Look through the data and write out every line with the word "class" in it.
....
ghost use Rattle.vvmm_laws.specs.Agreed.{LivesAgree};
ghost use Rattle.vvmm_laws.specs.Live.{ALineMoreIsAlike, CompletesLive, TellsLiveDriveFault, TellsLiveImage, TellsLiveLineFault, TellsLiveMissing, TellsLiveRule, TellsLiveSize, TellsLiveTooLong, TypingKeepsDrives, TypingKeepsLines};

/// Held files that stand for a configuration and images that fit, drives that fit, and no risen count, give `Done` of `live`; or
/// `NoMemory`; or `KeyFault`, where 4,294,967,295 lines were typed.
pub fn live_is_complete()
    ensures { CompletesLive }
{}

/// Over a shelf that did not fail, the first file of `live` that it lacks gives `Missing`, or `NoMemory`.
pub fn the_first_missing_file_to_live_is_told()
    ensures { TellsLiveMissing }
{}

/// Over a shelf that did not fail, the first file of `live` that is too long gives `TooLong`, or `NoMemory`.
pub fn the_first_too_long_file_to_live_is_told()
    ensures { TellsLiveTooLong }
{}

/// A configuration that breaks a rule gives `Config` of `live`, or `NoMemory`.
pub fn a_refused_configuration_to_live_is_told()
    ensures { TellsLiveRule }
{}

/// Over a shelf that did not fail, the first image of `live` that doesn't fit its guest's memory gives `Image`, or `NoMemory`.
pub fn the_first_image_to_live_that_does_not_fit_is_told()
    ensures { TellsLiveImage }
{}

/// Where images fit and no count rose, the first volume of `live` whose drive has another number of blocks gives `VolumeSize`, or
/// `NoMemory`.
pub fn the_first_volume_to_live_of_another_size_is_told()
    ensures { TellsLiveSize }
{}

/// Where a line's count is greater after `live`, the answer names it or one of a lower number.
pub fn a_live_run_names_a_failed_line()
    ensures { TellsLiveLineFault }
{}

/// Where a drive's count is greater after `live`, the answer names a line, or it or a drive of a lower number.
pub fn a_live_run_names_a_failed_drive()
    ensures { TellsLiveDriveFault }
{}

/// What is typed at terminals whose class doesn't flow into a device's changes nothing there, where it makes as many rounds.
pub fn typing_keeps_lines()
    ensures { TypingKeepsLines }
{}

/// Nor in a volume.
pub fn typing_keeps_drives()
    ensures { TypingKeepsDrives }
{}

/// One more line at such a terminal is typed so, where an empty line ends its round.
pub fn a_line_more_is_alike()
    ensures { ALineMoreIsAlike }
{}

/// Two runs of `live` over the same files and drives, which are all done, put the same on each device, and leave the same in each
/// volume, whose class flows into one to which their typing is alike.
pub fn live_runs_agree()
    ensures { LivesAgree }
{}
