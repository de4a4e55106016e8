ghost use Rattle.std.specs.Prelude.{◌≡◌, ◌<◌, length, All};
ghost use Rattle.sys_devices.specs.Shows.{Shows};
ghost use Rattle.sys_guests.specs.Kernel.{IsKernel, scene};
ghost use Rattle.sys_objects.specs.Condition.{IsPrinter};
ghost use Rattle.sys_state.specs.State.{bytes_on};
ghost use Rattle.sys_transfers.specs.Serves.{MountsNameVolumes, guest_scene};
ghost use Rattle.sys_transfers.specs.ServesAll.{ServesAt, ServesGuest, all_packets};
ghost use Rattle.vm_guest.specs.Kept.{IsShadowedIn, guest_in};

use crate::printing::print_job_on;
use crate::serving::serve;
use sys_devices::Marks;
use sys_guests::Kernel;
use sys_objects::{Config, GuestRow, Mount};
use sys_store::Volumes;
use vax_hw::Hardware;
use vm_guest::Guest;
use vv_io::Lines;

/// A guest's packets are served in the order of its queue, and none waits then. Its printer is shown each job.
fn serve_guest<H: Hardware, L: Lines>(
    machine: &mut H,
    marks: &mut Marks,
    lines: &mut L,
    guest: &mut Guest,
    config: &Config,
    row: &GuestRow,
    units: &[Option<Mount>; 4],
    volumes: &mut Volumes,
)
    requires stands { IsShadowedIn (H.machine machine.old).memory guest.old }
    requires mounted { MountsNameVolumes units.now volumes.old }
    requires printers { All IsPrinter config.now.printers }
    ensures serves { ServesGuest config.now row.now units.now
        (guest_scene volumes.old (H.machine machine.old) guest.old)
        (guest_scene volumes.new (H.machine machine.new) guest.new) }
    ensures shows { Shows marks.old marks.new (L.lines lines.old) (L.lines lines.new)
        (λ line. bytes_on line (all_packets config.now row.now units.now
        (guest_in (H.machine machine.old).memory guest.old) volumes.old).puts) }
{
    let queue = guest.take_queue();
    for packet in queue.as_slice() {
        let job = serve(machine, guest, row, units, volumes, *packet);
        print_job_on(marks, lines, config, row.printer, &job);
    }
}

/// The packets of the guest at a place are served.
pub fn serve_at<H: Hardware, L: Lines>(
    machine: &mut H,
    lines: &mut L,
    kernel: &mut Kernel,
    volumes: &mut Volumes,
    place: usize,
)
    requires holds { IsKernel (H.machine machine.old).memory kernel.old }
    requires there { place < length kernel.old.config.guests }
    requires volumes { length volumes.old ≡ length kernel.old.config.volumes }
    ensures { ServesAt place (scene (H.machine machine.old) kernel.old (L.lines lines.old)) volumes.old
        (scene (H.machine machine.new) kernel.new (L.lines lines.new)) volumes.new }
{
    let config = &kernel.config;
    let row = &config.guests.as_slice()[place];
    let units = kernel.server.mounts[place];
    let guest = &mut kernel.guests[place];
    let marks = &mut kernel.marks;
    serve_guest(machine, marks, lines, guest, config, row, &units, volumes);
}
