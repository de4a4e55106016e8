ghost use Rattle.std.specs.Prelude.{◌≡◌, ◌+◌, ◌*◌, ◌≤◌, ◌<◌};
ghost use Rattle.sys_state.specs.Transfers.{packet_at};
ghost use Rattle.sys_transfers.specs.Serves.{packet_of};
ghost use Rattle.vax_arch.specs.Walk.{is_past};
ghost use Rattle.vm_guest.specs.Kept.{IsShadowedIn, guest_in};

use vax_hw::Hardware;
use vm_guest::Guest;
use vv_base::get_u32;

/// A packet's longwords but for the last, which is the status.
#[derive(Clone, Copy, Debug, PartialEq, Eq)]
pub struct Request {
    pub function: u32,
    pub unit: u32,
    pub block: u32,
    pub buffer: u32,
    pub size: u32,
}

/// The packet at a physical address of a guest.
pub fn request_at<H: Hardware>(machine: &H, guest: &Guest, at: u32) -> Request
    requires stands { IsShadowedIn (H.machine machine.now).memory guest.now }
    requires inside { at + 24 ≤ 512 * guest.now.state.pages }
    ensures { packet_of result ≡ packet_at (guest_in (H.machine machine.now).memory guest.now).memory at }
{
    let mut bytes = [0; 20];
    guest.fetch_into(machine, at, &mut bytes);
    Request {
        function: get_u32(&bytes, 0),
        unit: get_u32(&bytes, 4),
        block: get_u32(&bytes, 8),
        buffer: get_u32(&bytes, 12),
        size: get_u32(&bytes, 16),
    }
}

/// Whether `bytes` bytes from a physical address on aren't all in a guest's memory.
pub fn is_outside(guest: &Guest, at: u32, bytes: u32) -> bool
    ensures { result ≡ is_past (512 * guest.now.state.pages) at bytes }
{
    512 * u64::from(guest.state().pages) < u64::from(at) + u64::from(bytes)
}
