ghost use Rattle.vvmm_laws.specs.Others.{LeavesOthers};

/// A command leaves the lines and drives that it doesn't have as they are, whatever it answers: so nothing is lost where they
/// don't exist.
pub fn other_devices_are_left()
    ensures { LeavesOthers }
{}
....
# Answer section:
/// What is typed at terminals whose class doesn't flow into a device's changes nothing there, where it makes as many rounds.
/// volume, whose class flows into one to which their typing is alike.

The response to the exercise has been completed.